● **Problem requirements**
Give again, word for word, every line in the entries below from the line with "pub const PLUS: usize = b'+' as usize;" up to and including the line with "pub struct Digits", and no other line.

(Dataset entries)
━━━━━━━━━━━━━━━━━━━━━━━━━━━━━━
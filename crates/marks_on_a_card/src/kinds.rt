// The kinds of marks; specs/Kinds.antt has the same numbers for the contracts. A sign of one byte has that byte for its kind.

pub const END: usize = 0;

pub const OUTSIDE: usize = 1;

pub const NUMBER: usize = 2;

pub const DECIMAL: usize = 3;

pub const SEAT: usize = 4;

pub const PROCESS: usize = 5;

pub const WORD: usize = 6;

pub const NOT_EQUAL: usize = 7;

pub const NONDETERMINISTIC: usize = 8;

pub const PROBABILISTIC: usize = 9;

pub const MODULE: usize = 10;

pub const ENDMODULE: usize = 11;

pub const INIT: usize = 12;

// the two words of the number that all seats share (document 02, 2026-10)
pub const GLOBAL: usize = 13;

pub const SHARED: usize = 14;

pub const SQUARE_OPEN: usize = b'[' as usize;

pub const SQUARE_CLOSE: usize = b']' as usize;

pub const COLON: usize = b':' as usize;

pub const SEMICOLON: usize = b';' as usize;

pub const EQUAL: usize = b'=' as usize;

pub const NOT: usize = b'!' as usize;

pub const AND: usize = b'&' as usize;

pub const OR: usize = b'|' as usize;

pub const ROUND_OPEN: usize = b'(' as usize;

pub const ROUND_CLOSE: usize = b')' as usize;

pub const PLUS: usize = b'+' as usize;

pub const PRIME: usize = b'\'' as usize;

pub const COMMA: usize = b',' as usize;

pub const SLASH: usize = b'/' as usize;

// `..` and `->` have their first byte for their kind
pub const DOTS: usize = b'.' as usize;

pub const ARROW: usize = b'-' as usize;
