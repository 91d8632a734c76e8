// "Marks on a card": classes of bytes, digits as numbers, marks and their kinds, as definitions (specs/), with what is proved of them (proofs/); there is no
// code here.
#![tactic(auto)]

pub mod kinds;

// The digits from a place on: how many, and the number that they spell.
#[derive(Clone, Copy)]
pub struct Digits {
    pub count: usize,
    pub value: usize,
}
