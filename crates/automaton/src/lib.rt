//! Automata of path expressions, with one state for each position: each place at which a label or
//! wildcard is.
//!
//! An automaton's meaning is its table: what is at each position, where a word may begin and end, and which position
//! may be right after which. `Automaton::of` alone speaks of the expression; what searches, speaks of the table.
#![tactic(auto)]

mod build;
mod position_set;
mod tables;

pub use position_set::{MAX_POSITIONS, PositionSet};
pub use rpe::Rpe;
pub use tables::{Automaton, RpeRefusal};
━━━━━━━━━━━━━━━━━━━━━━━━━━━━━━
● **Response**
pub const PLUS: usize = b'+' as usize;

pub const PRIME: usize = b'\'' as usize;

pub const COMMA: usize = b',' as usize;

pub const SLASH: usize = b'/' as usize;

// `..` and `->` have their first byte for their kind
pub const DOTS: usize = b'.' as usize;

pub const ARROW: usize = b'-' as usize;
repository 91d8632a734c76e8
// "Marks on a card": classes of bytes, digits as numbers, marks and their kinds, as definitions (specs/), with what is proved of them (proofs/); there is no
// code here.
#![tactic(auto)]

pub mod kinds;

// The digits from a place on: how many, and the number that they spell.
#[derive(Clone, Copy)]
pub struct Digits {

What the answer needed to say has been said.